RECORD SET.
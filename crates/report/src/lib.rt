//! Verdicts of a check, the counts of a history, and their lines. The lines that explain why an
//! object has no valid order are in `reason_report`.
#![tactic(auto)]

mod checked;
mod counting;
mod lines;
mod segments;
mod verdict;
mod writing;

pub use checked::verdict_on_check;
pub use counting::summary;
pub use reading::Fault;
pub use verdict::{KindCount, Summary, Verdict};
pub use writing::write_verdict;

WHAT YOU HAVE TO DO. Repeat precisely, and with nothing added, every line from the one containing "mod checked;" to the last line of the listing above.

COMPLETED EXERCISE.
mod checked;
mod counting;
mod lines;
mod segments;
mod verdict;
mod writing;

pub use checked::verdict_on_check;
pub use counting::summary;
pub use reading::Fault;
pub use verdict::{KindCount, Summary, Verdict};
pub use writing::write_verdict;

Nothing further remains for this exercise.